Песня сама по себе, конечно же, не похоронная. Но сами сердца завели именно ее потому, что в ней был трепетный зов к земле, той, которую многие даже не видели, но впитали ее материнское молоко. Тот, которого хоронили под белой хатой, родился в Канаде от тех, кто эмигрировал с Черниговщины еще в царские времена. О, как мечтал он «хотя бы одним глазком» взглянуть на родную, единую, вскормившую весь родовой корень! Только и успел он создать в канадской степи уголочек родины...
...Повій, вітре, на Вкраїну...
А затем переполняющее душу:
Кру, кру,
доки море перелечу, крилонька зітру...
Над труной, обвитой красной запорожской китайкой, склонился престарелый «поминальный оратор», как его называли среди украинцев Канады.
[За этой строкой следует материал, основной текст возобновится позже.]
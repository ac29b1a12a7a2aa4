// "Planner": the tries over the valid jobs in ascending number, on a board that has passed check 0.
#![tactic(auto)]

ghost use Rattle.std.specs.Prelude.{◌≡◌, true};
ghost use Rattle.paper_board.specs.Paper.Limits.{Within};
ghost use Rattle.paper_board.specs.Paper.View.{view};
ghost use Rattle.paper_closure.specs.Passes.{passes};
ghost use Rattle.paper_plans.specs.Paper.Planner as paper;
ghost use Rattle.paper_plans.specs.Paper.Tries as definition;

use call_checks::{budget_check, budget_value};
use call_placements::stack::{Placed, Stack};
use call_placements::{Slot, found, places, unplanned};
use engine_marks::marked;
use ground_walks::Members;
use paper_board::Board;
use paper_plans::{Planned, TriesEnd};

// The tries. The jobs placed so far are on the stack; those of `left` are still to be tried after them, and the dock is free from minute
// `free` on.
fn search(board: &Board, budget: u32) -> Planned
    requires { Within board.now }
    ensures { result ≡ paper.planned_within (view board.now) budget (definition.tries (view board.now) (paper.valid_jobs (view board.now))) }
{
    let valid = marked(board, Board::VALID);
    let mut stack = Stack::empty();
    let mut unplaced = valid;
    let mut left = Members::of(valid);
    let mut free = Board::FIRST_MINUTE;
    let mut tries = 0;
    while unplaced != 0 {
        let Some(job) = left.next() else {
            let Some(last) = stack.pop() else {
                return unplanned(Ok(TriesEnd::None(tries)));
            };
            unplaced = ground_sets::with(unplaced, last.job);
            left = Members::of(last.left);
            free = last.free;
            continue;
        };
        if tries == budget {
            return unplanned(Ok(TriesEnd::Spent(budget)));
        }
        tries += 1;
        let end = Slot::of(board, job, free).end;
        if places(board.before[job], unplaced, end, board.latest[job]) {
            stack.push(Placed {
                job,
                left: left.left,
                free,
            });
            unplaced = ground_sets::without(unplaced, job);
            left = Members::of(unplaced);
            free = end;
        }
    }
    found(board, &stack, valid, tries)
}

#[tactic(auto, using(paper_plans::proofs::PlanLaws::budget_within, paper_closure::proofs::PassesClosed::passes_within), unfolding(paper_plans::specs::Paper::Planner::plan))]
pub fn plan(board: Board, budget: i32) -> Planned
    requires { passes board ≡ true }
    ensures { result ≡ paper.plan board budget }
{
    if let Err(refusal) = budget_check(budget) {
        return unplanned(Err(refusal));
    }
    search(&board, budget_value(budget))
}
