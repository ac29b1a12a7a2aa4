// What a search finds: a fact that the rules infer and that the board doesn't show yet, or nothing. Only definitions: no code.
#![tactic(auto)]
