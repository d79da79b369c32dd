// Why a value, a message or a call is refused, with this paper's number; a refusal and its place; a rule's test as a result.
#![tactic(auto)]

ghost use Rattle.std.specs.Prelude.{◌≡◌};
ghost use Rattle.answers.specs.Refusals.{refusal_number};
ghost use Rattle.answers.specs.Given.{required};

// Why something is refused, by this paper's number: 5 and 13 are not used.
#[derive(Clone, Copy, PartialEq, Eq)]
pub enum Refusal {
    // The message has over 16,777,216 bytes.
    TooLong = 1,
    // It starts `<?` but not with the declaration, or the root tag is wrong.
    Beginning = 2,
    // It ends where more is due.
    Cut = 3,
    // No tag that may come here.
    OtherTag = 4,
    // A currency that is not EUR.
    Currency = 6,
    // A value is not of its kind's form.
    Form = 7,
    // Check digits.
    CheckDigits = 8,
    // An amount is outside its range.
    Range = 9,
    // A code is not listed.
    Unlisted = 10,
    // LclInstrm differs from the first item's.
    OtherInstrument = 11,
    // Item 10,001 begins.
    TooManyItems = 12,
    // NbOfTxs is not the number of items.
    Count = 14,
    // The total is not the sum.
    Total = 15,
    // Bytes stand behind the end.
    Behind = 16,
    // The lent area is too short.
    ShortArea = 17,
    // There is no such item.
    NoItem = 18,
    // No length of an IBAN of its country.
    Length = 19,
    // The key is open already.
    KeyOpen = 20,
    // 64 bulks are open.
    BookFull = 21,
    // The key is not open.
    KeyNotOpen = 22,
    // The payment type stands in the header and in an item.
    TypeTwice = 23,
    // An earlier item has the same TxId.
    TxIdTwice = 24,
    // The lent index has under 16,384 numbers.
    ShortIndex = 25,
    // The bytes are no record of a recording.
    NoRecord = 26,
    // The time falls.
    TimeFalls = 27,
    // A message is missing, left over, or has another key.
    OtherMessage = 28,
    // The lent book is none.
    NoBook = 29,
}

// A refusal, and its place.
#[derive(Clone, Copy, PartialEq, Eq)]
pub struct Refused {
    pub why: Refusal,
    pub at: usize,
}

impl Refusal {
    // This paper's number.
    pub fn number(self) -> u8
        ensures { result ≡ refusal_number self }
    {
        self as u8
    }

    // The refusal at a place.
    pub fn at(self, place: usize) -> Refused
        ensures { result ≡ record { why = self; at = place } }
    {
        Refused {
            why: self,
            at: place,
        }
    }
}

// A rule's test as a result: where it fails, `?` ends with the refusal.
pub fn require(holds: bool, why: Refusal) -> Result<(), Refusal>
    ensures { result ≡ required holds why }
{
    if holds { Ok(()) } else { Err(why) }
}
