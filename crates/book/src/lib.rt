// The day book: a lent list of entries, the open ones first in order of entry; and what each call answers and leaves.
#![tactic(auto)]

ghost use Rattle.std.specs.Prelude.{◌≡◌, ◌≤◌, length, take, List};
ghost use Rattle.money.specs.declared.Range.TheVariants.{Total};
ghost use Rattle.money.specs.Amount.{most};
ghost use Rattle.book.specs.Book.{most_open, two_equal, sum_of};
ghost use Rattle.book.specs.Calls.{done, enter, withdraw, enters, withdraws, asked};
ghost use Rattle.book.specs.Stored.{carried, kept, shown};
ghost use Rattle.book.specs.Code.{in_range, call_as, told_as, place_in, capped, book_of, lent, leaves};

use answers::{Refusal, Refused};

// How many bulks are open at most, and how many places a book has at least.
pub const MOST: usize = 64;

// An open bulk: its key and its cents. It has the layout of C, since the face lends it.
#[repr(C)]
#[derive(Clone, Copy)]
pub struct Entry {
    pub key: [u8; naming::LENGTH],
    pub cents: u64,
}

// The number open and the open total, which are stored beside the list.
// (C lends the whole list, and its places past the open ones keep what they held: so the number stands beside it, and no shorter slice.)
// (And C lends the two apart, so functions take both: a struct of two loans would have to say in each contract that it holds the same ones still.)
#[derive(Clone, Copy)]
pub struct Numbers {
    pub opened: usize,
    pub total: u64,
}

// A call that changes the book: a bulk to enter, a key to withdraw, or a message to enter that the judge refused.
#[derive(Clone, Copy)]
pub enum Call {
    Enter(Entry),
    Withdraw([u8; naming::LENGTH]),
    Unfit(Refused),
}

// Where the first of the lent entries that has the key stands.
pub fn place_of(bulks: &[Entry], key: &[u8; naming::LENGTH]) -> Option<usize>
    ensures { result ≡ place_in key.now bulks.now }
{
    bulks.iter().position(|e| *key == e.key)
}

// Whether two of the open entries have the same key: each is looked for among those behind it.
fn two_equal(bulks: &[Entry]) -> bool
    ensures { result ≡ two_equal bulks.now }
{
    match bulks {
        [] => false,
        [e, behind @ ..] => place_of(behind, &e.key).is_some() || two_equal(behind),
    }
}

// The sum of the open entries, where it is in the header's range.
fn sum(bulks: &[Entry]) -> Option<u64>
    ensures { result ≡ capped (sum_of bulks.now) }
{
    let mut sum: u64 = 0;
    for e in bulks {
        if money::MOST_TOTAL - sum < e.cents {
            return None;
        }
        sum += e.cents;
    }
    Some(sum)
}

// What summing gives, of the list as C lends it and the number beside it; 29 where the lent book is none: under 64 places, over 64 open, two open keys equal, or too high a sum.
pub fn check(entries: &[Entry], opened: usize) -> Result<u64, Refused>
    ensures { told_as result ≡ asked (book_of entries.now opened) }
{
    let none = Refusal::NoBook.at(0);
    if entries.len() < MOST || MOST < opened {
        return Err(none);
    }
    let bulks = &entries[..opened];
    if two_equal(bulks) {
        return Err(none);
    }
    sum(bulks).ok_or(none)
}

// The open total: the stored one as it stands, whatever the entries are.
pub fn show(numbers: Numbers) -> u64
    ensures { (l : List Entry) → done result ≡ shown (lent l numbers) }
{
    numbers.total
}

// An entry behind the open ones: 20 where its key is open already, 21 where 64 are open. No header says more cents than its range has, so the sum does not overflow.
fn enter(entries: &mut [Entry], numbers: &mut Numbers, e: Entry) -> Result<u64, Refused>
    requires room { most_open ≤ length entries.old }
    requires few { numbers.old.opened ≤ most_open }
    requires within { numbers.old.total ≤ most Total }
    ensures { leaves result entries.new numbers.new ≡ carried (enter (in_range e)) numbers.old.total (enters (in_range e) (book_of entries.old numbers.old.opened)) }
{
    let Numbers { opened, total } = *numbers;
    if money::MOST_TOTAL < e.cents {
        return Err(Refusal::Range.at(0));
    }
    if place_of(&entries[..opened], &e.key).is_some() {
        return Err(Refusal::KeyOpen.at(0));
    }
    if opened == MOST {
        return Err(Refusal::BookFull.at(0));
    }
    entries[opened] = e;
    *numbers = Numbers {
        opened: opened + 1,
        total: total + e.cents,
    };
    Ok(e.cents)
}

// The first entry with the key goes, and the open ones behind it move down one place; 22 where none has it. The places past the open ones keep what they held.
fn withdraw(
    entries: &mut [Entry],
    numbers: &mut Numbers,
    key: &[u8; naming::LENGTH],
) -> Result<u64, Refused>
    requires room { most_open ≤ length entries.old }
    requires few { numbers.old.opened ≤ most_open }
    requires sum { numbers.old.total ≡ sum_of (take numbers.old.opened entries.old) }
    ensures { leaves result entries.new numbers.new ≡ carried (withdraw key.now) numbers.old.total (withdraws key.now (book_of entries.old numbers.old.opened)) }
{
    let Numbers { opened, total } = *numbers;
    let Some(at) = place_of(&entries[..opened], key) else {
        return Err(Refusal::KeyNotOpen.at(0));
    };
    let cents = entries[at].cents;
    entries.copy_within(at + 1..opened, at);
    *numbers = Numbers {
        opened: opened - 1,
        total: total - cents,
    };
    Ok(cents)
}

// A call that changes the book: 29 first, where it is none or the stored total is not what summing gives. A refusal leaves all as it was lent.
pub fn act(entries: &mut [Entry], numbers: &mut Numbers, call: Call) -> Result<u64, Refused>
    ensures { leaves result entries.new numbers.new ≡ kept (call_as call) (lent entries.old numbers.old) }
{
    if check(entries, numbers.opened)? != numbers.total {
        return Err(Refusal::NoBook.at(0));
    }
    match call {
        Call::Enter(e) => enter(entries, numbers, e),
        Call::Withdraw(key) => withdraw(entries, numbers, &key),
        Call::Unfit(refused) => Err(refused),
    }
}
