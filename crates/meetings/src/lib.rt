// Meetings: the pairs of a receive and an invoke that may meet now, by a then b: 12, 13 and 15 of each pair on one class of endpoints.
#![tactic(auto)]

ghost use Rattle.std.specs.Prelude.{◌≡◌, List, ℕ, ◌+◌, ◌/◌, ◌*◌, ◌<◌, ◌≤◌, length, get_or};
ghost use Rattle.cows.specs.Terms.{Term};
ghost use Rattle.cows.specs.Format.{word};
ghost use Rattle.records.specs.Holds.{Holds};
ghost use Rattle.ways.specs.Known.{Table};
ghost use Rattle.ways.specs.TermOf.{TermOf};
ghost use Rattle.roles.specs.Roles.{meets, Cast};
ghost use Rattle.chains.specs.Chains.{ByAtom};
ghost use Rattle.roles.specs.Played.{Played};
ghost use Rattle.meetings.specs.Meetings.{Sent, meetings_at, Lists, MeetingsIn};
ghost use Rattle.meetings.specs.Reaching.{Tabled, SentTo, reach_low, reach_end, reach_top, ReachOf, reach_test, Facing};
ghost use Rattle.meetings.specs.Surveys.{Surveyed, ReceiverAt, SpaceAt, Space};

use chains::{Chains, class_at};
use entries::put_move;
use matching::fits_closed;
use records::{atom_at, is_variable, word_at};
use roles::Role;
use ways::KnownTable;

// Puts down for the four slots of the invoke at place b the places behind the delimitations of what is sent there, or 0.
fn put_scopes(s: &[u8], scopes: &Chains, b: usize, sent: &mut [u16])
    requires { Tabled s.now × ByAtom s.now scopes.now.heads.now scopes.now.next.now × (b < length s.now / 16) × (4 * (length s.now / 16) ≤ length sent.old) }
    ensures { (t : Term) → Holds s.now t → SentTo s.now t sent.old (4 * b) → SentTo s.now t sent.new (4 * (b + 1)) }
{
    for k in 0..4 {
        sent[4 * b + k] = scopes.behind(s, word_at(s, 16 * b + (6 + 2 * k))) as u16;
    }
}

// 13, from the side of the invokes: the place behind the delimitation of what is sent in each slot, or 0.
pub fn find_scopes(table: KnownTable, cast: &[Role], scopes: &Chains, sent: &mut [u16])
    requires { Played table.bytes.now table.ends.now cast.now × ByAtom table.bytes.now scopes.now.heads.now scopes.now.next.now × (4 * (length table.bytes.now / 16) ≤ length sent.old) }
    ensures { (t : Term) → TermOf table.entry t → Cast t cast.now → Sent table.entry.bytes.now t sent.new }
{
    for b in 0..table.bytes.len() / 16 {
        if cast[b] == Role::Sender {
            put_scopes(table.bytes, scopes, b, sent);
        }
    }
}

// What the list of meetings reads of a table: the table with the ends of its terms, the roles of its records, the chains of its delimitations and of the
// invokes that may be a party, and for each of these the fewest variables that a rival binds and the scopes of what it sends.
#[derive(Clone, Copy)]
pub struct Survey<'a> {
    pub table: KnownTable<'a>,
    pub cast: &'a [Role],
    pub scopes: Chains<'a>,
    pub senders: Chains<'a>,
    pub fewest: &'a [u8],
    pub sent: &'a [u16],
}

// 13, from the side of a receive: the invoke stands at `low` or behind it and before `end`, and the delimitation of the value in slot i, if there is one,
// before that of the variable there: the place behind it is below `top[i]`.
#[derive(Clone, Copy)]
pub struct Reach {
    low: usize,
    end: usize,
    top: [usize; 4],
}

// The place behind the delimitation of the variable at byte k, or 0 if no variable stands there.
fn low_of(s: &[u8], scopes: &Chains, k: usize) -> usize
    requires { ByAtom s.now scopes.now.heads.now scopes.now.next.now × (k + 1 < length s.now) }
    ensures { (t : Term) → Holds s.now t → result ≡ reach_low t (word s.now k) }
{
    if is_variable(atom_at(s, k)) {
        return scopes.behind(s, word_at(s, k));
    }
    0
}

fn end_of(ends: &[u16], n: usize, p: usize) -> usize
    requires { p ≤ length ends.now }
    ensures { result ≡ reach_end ends.now n p }
{
    if p == 0 { n } else { usize::from(ends[p - 1]) }
}

fn top_of(p: usize) -> usize
    ensures { result ≡ reach_top p }
{
    if p == 0 { 65536 } else { p }
}

// How far the receive at place a reaches.
fn reach_of(x: &Survey, a: usize) -> Reach
    requires { Surveyed x.now × (a < length x.now.table.bytes.now / 16) }
    ensures { (t : Term) → Table x.now.table.bytes.now x.now.table.ends.now t → ReachOf x.now.table.bytes.now x.now.table.ends.now t a result }
{
    let n = x.table.bytes.len() / 16;
    let p0 = low_of(x.table.bytes, &x.scopes, 16 * a + 6);
    let p1 = low_of(x.table.bytes, &x.scopes, 16 * a + 8);
    let p2 = low_of(x.table.bytes, &x.scopes, 16 * a + 10);
    let p3 = low_of(x.table.bytes, &x.scopes, 16 * a + 12);
    let left = end_of(x.table.ends, n, p0).min(end_of(x.table.ends, n, p1));
    let right = end_of(x.table.ends, n, p2).min(end_of(x.table.ends, n, p3));
    Reach {
        low: p0.max(p1).max(p2.max(p3)),
        end: left.min(right),
        top: [top_of(p0), top_of(p1), top_of(p2), top_of(p3)],
    }
}

// Whether the invoke at place b is in reach.
fn reaches(reach: Reach, sent: &[u16], b: usize) -> bool
    requires { 4 * b + 3 < length sent.now }
    ensures { result ≡ reach_test reach b (get_or sent.now (4 * b) 0) (get_or sent.now (4 * b + 1) 0) (get_or sent.now (4 * b + 2) 0) (get_or sent.now (4 * b + 3) 0) }
{
    (reach.low <= b)
        & (b < reach.end)
        & (usize::from(sent[4 * b]) < reach.top[0])
        & (usize::from(sent[4 * b + 1]) < reach.top[1])
        & (usize::from(sent[4 * b + 2]) < reach.top[2])
        & (usize::from(sent[4 * b + 3]) < reach.top[3])
}

// Whether the receive at place a and the invoke at place b, both of which may be parties, meet.
fn meet(x: &Survey, a: usize, b: usize, reach: Reach) -> bool
    requires { Surveyed x.now × (a < length x.now.table.bytes.now / 16) × (b < length x.now.table.bytes.now / 16) }
    ensures { (ends : List ℕ) (t : Term) → Facing x.now.table.bytes.now ends x.now.fewest.now x.now.sent.now a b reach t → result ≡ meets t a b }
{
    let Ok(l) = fits_closed(x.table.bytes, a, b) else {
        return false;
    };
    (l == usize::from(x.fewest[b])) && ((l == 0) || reaches(reach, x.sent, b))
}

// The meetings of the receive at place a, behind the m moves that stand there; how many stand there then. They are written if `writes` says so.
fn put_meetings_of(x: &Survey, a: usize, writes: bool, out: &mut [u8], m: usize) -> usize
    requires { Surveyed x.now × ReceiverAt x.now a × SpaceAt x.now a writes out.old m }
    ensures { (t : Term) → Table x.now.table.bytes.now x.now.table.ends.now t → Lists writes out.old m (meetings_at t a) out.new result }
{
    let reach = reach_of(x, a);
    let mut count = m;
    let mut e = x.senders.first(class_at(x.table.bytes, a));
    // A walk along a chain: the next place is read off it.
    while 0 < e {
        let b = e - 1;
        e = x.senders.after(b);
        if !meet(x, a, b, reach) {
            continue;
        }
        if writes {
            put_move(1, a as u16, b as u16, out, 6 * count);
        }
        count += 1;
    }
    count
}

// All meetings, behind the m moves that stand there; how many stand there then. They are written if `writes` says so, and else counted. (A flag: the caller
// goes on in the same buffer, and what a closure that borrows it has written is not known behind the walk.)
pub fn put_meetings(x: &Survey, writes: bool, out: &mut [u8], m: usize) -> usize
    requires { Surveyed x.now × Space x.now writes out.old m }
    ensures { (t : Term) → Table x.now.table.bytes.now x.now.table.ends.now t → MeetingsIn t writes out.old m out.new result }
{
    let mut count = m;
    for a in 0..x.table.bytes.len() / 16 {
        if x.cast[a] == Role::Receiver {
            count = put_meetings_of(x, a, writes, out, count);
        }
    }
    count
}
Честно скажем — оратор из него никакой. Язык у него совсем «не подвешен», как, скажем, у платного, профессионального «плакальщика». Сила, народное признание его в другом. Каждое его слово пусть не очень искусное, зато чистое, горячее, святая слезинка. Он был совсем молодым, когда судьба его забросила за океан. Всю жизнь собирался побывать на родине. Не выходило. Да и не богат он, а деньжат на дальнюю поездку потребуется немало. И еще боялся...
Каждый раз, когда склоняется он над труной, обвитой красной запорожской китайкой, обнимает его страх, кажется ему, что хоронит самого себя, свою несбывшуюся мечту — согреть сердце под родным солнцем, припасть устами к той, давшей душу, горсточке, которую так бы хотелось привезти на чужбину, положить на могилы своих соотечественников. Каждый, кто его слушал, думал об одном и том же, переносил свое сердце к берегам Днепра ли, Десны, Ворсклы, Днестра, Сулы, Пела —к материнской груди Украины.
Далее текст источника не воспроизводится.